Thanks! I feel this one needs broader testing than we can manage
in just a couple of days. If this were earlier in the -rc cycle
I would pull the patch right into 6.4-rc without hesitation. It
is obviously -rc material, but the timing is unfortunate.
I'm planning the nfsd for-6.5 pull request early in the merge
window, so practically speaking it shouldn't delay the finalized
upstream version of this patch by more than a few days.
> The original patch
> description didn't point out how easy it is to trigger a panic with
> this,
I will add that information.
> so I was hoping to convince him.
Oh, I agree it's significant. I just don't want to compound the
problem by sending a possibly-buggy patch at the last moment
in the 6.4 cycle.
When we have our shiny new CI infrastructure in place, we will
be able to move faster and with more confidence on fixes this
late in a cycle.
> To further that argument too:
>
> I have to wonder if this bug might cause (temporary?) memory corruption
> on x86_64. The code hits a spinlock in that struct, so there may be a
> window of time where it doesn't contain what's expected.
>
>>>>> Cc: stable@xxxxxxxxxxxxxxx # v6.3+
>>>>> Fixes: f5f9d4a314da ("nfsd: move reply cache initialization into nfsd startup")
>>>>
>>>> Why both Fixes: and Cc: stable?
>>>
>>> *shrug* : they mean different things. I can drop the Cc stable.
>>
>> Please leave it, only a stable tag ensures backporting; a fixes tag
>> alone is not enough. See [1] above or these recent messages from Greg:
>>
>> https://lore.kernel.org/all/2023061137-algorithm-almanac-1337@gregkh/
>> https://lore.kernel.org/all/2023060703-colony-shakily-3514@gregkh/
>
> Chuck and I also recently requested that the stable series not pick
> patches automatically for fs/nfsd.
To be clear, we requested that stable not pick up patches for
fs/nfsd using AUTOSEL. Basically that means stable will pick
up only fs/nfsd patches that are explicitly marked with Fixes:
or Cc:stable.
> This does need to be backported
> though, so I cc'ed stable to make that clear.

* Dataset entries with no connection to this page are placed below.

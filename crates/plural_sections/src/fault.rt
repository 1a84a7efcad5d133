//! What may be wrong with a line of a text of sections.

use plural_map::Names;

/// What is wrong with a line of a text of sections. Of several kinds on one line the first that its
/// section lists is told.
#[derive(Debug, PartialEq, Eq, Drop)]
pub enum Fault {
    /// The line has no shape that may stand in its place.
    Form,
    /// A number is out of its range.
    Number,
    /// A name is defined already, or isn't defined.
    Name,
    /// There are more tasks, instances, dependencies, regions, words or labels than may be.
    Count,
    /// The target of a jump or a branch is out of its range, or odd.
    Reach,
    /// A word of the image lies past its end or not above those of the lines before.
    Address,
    /// Instance `k`, counted from 0, is the least that has a word of the region outside the memory.
    Outside { k: u32 },
    /// The order of the tasks doesn't reach each: these are the names of a cycle of tasks, each of which depends on the
    /// next, and the last on the first.
    Cycle { names: Names },
}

OK, I'll add the "cc: stable" back too.
My question wasn't so much a demand to drop the tag, but rather
a request for an explanation of why both were needed. I'll try
to be less terse next time.
Thorsten, if you've added this issue to the regbot database,
please feel free to follow up with the correct tags to mark the
issue closed as appropriate.
--
Chuck Lever